Note, however, that the "Consonant,Halant" subsequence in the above example may still trigger a half-forms feature. To prevent the application of the half-forms feature in addition to preventing the conjunct, the zero-width non-joiner (ZWNJ) must be used instead. The sequence "Consonant,Halant,ZWNJ,Consonant" should produce the first consonant in its standard form, followed by an explicit "Halant".

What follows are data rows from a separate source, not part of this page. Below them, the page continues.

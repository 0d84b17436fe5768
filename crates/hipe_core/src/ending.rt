use asm_text::TextRefusal;
use beam_check::CheckRefusal;
use beam_profile::ModuleRefusal;
use native_link::ImageRefusal;
use std::alloc::{AllocError, AllocFailed};

/// How a command ended, with all that its line on standard error says. A file is named as the
/// word that names it.
#[derive(Drop)]
pub enum Ending<'a> {
    /// The output was written, and this is the status of what it says: 0 to 2.
    Said(u8),
    /// The words are no command.
    Usage,
    /// The text of the arguments is refused.
    ArgsRefused(TextRefusal),
    /// The text of this file is none of a module.
    ModuleRefused(&'a str, ModuleRefusal),
    /// The modules of the files are out of the profile.
    CheckRefused(CheckRefusal),
    /// The bytes of this file are no image.
    ImageRefused(&'a str, ImageRefusal),
    /// The function with this entry and so many arguments is not exported.
    NotExported(&'a str, usize),
    /// The words of the arguments pass the limit of the heap.
    ArgsDoNotFit,
    /// This file could not be read.
    CannotRead(&'a str),
    /// The output could not be written.
    CannotWrite,
    /// There was not enough memory.
    NoMemory,
    /// The files up to this one hold more bytes than the limit.
    TooLong(&'a str),
    /// What this file asks for is none that this stage of the program does.
    NotBuilt(&'a str),
}

impl<'a> From<AllocError> for Ending<'a> {
    ghost use Rattle.hipe_core.specs.declared.ending.Ending.TheVariants.{NoMemory};
    ghost use Rattle.std.specs.Prelude.{◌≡◌};

    ghost from_gives = { λ _ r. r ≡ NoMemory };

    fn from(_error: AllocError) -> Ending<'a> {
        Ending::NoMemory
    }
}

impl<'a, T: Drop> From<AllocFailed<T>> for Ending<'a> {
    ghost use Rattle.hipe_core.specs.declared.ending.Ending.TheVariants.{NoMemory};
    ghost use Rattle.std.specs.Prelude.{◌≡◌};

    ghost from_gives = { λ _ r. r ≡ NoMemory };

    fn from(_error: AllocFailed<T>) -> Ending<'a> {
        Ending::NoMemory
    }
}
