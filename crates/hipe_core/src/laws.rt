//! What holds of compiling and running together.

ghost use Rattle.hipe_core.specs.Meaning.{CompiledRunsPrintTheirMeaning, CompiledImagesAreRead};
ghost use Rattle.hipe_core.specs.Numbers.{TheNumbersAre};

/// A law: a run on the image that is compiled of texts prints the line that these mean, with its
/// status.
pub fn compiled_runs_print_their_meaning()
    ensures { CompiledRunsPrintTheirMeaning }
{}

/// A law: the image that is compiled of texts is read as one of their modules, unless memory is
/// wanting; and each call that fits of a function that these export is run.
pub fn compiled_images_are_read()
    ensures { CompiledImagesAreRead }
{}

/// A law: the numbers of the command line.
pub fn the_numbers_are()
    ensures { TheNumbersAre }
{}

A secondary usage of the zero-width joiner is to prevent the formation of "Reph". An initial "Ra,Halant,ZWJ" sequence should not produce a "Reph", where an initial "Ra,Halant" sequence without the zero-width joiner otherwise would.

The no-break space (NBSP) is primarily used to display those codepoints that are defined as non-spacing (marks, dependent vowels (matras), below-base consonant forms, and post-base consonant forms) in an isolated context, as an alternative to displaying them superimposed on the dotted-circle placeholder. These sequences will match "NBSP,ZWJ,Halant,Consonant", "NBSP,mark", or "NBSP,matra".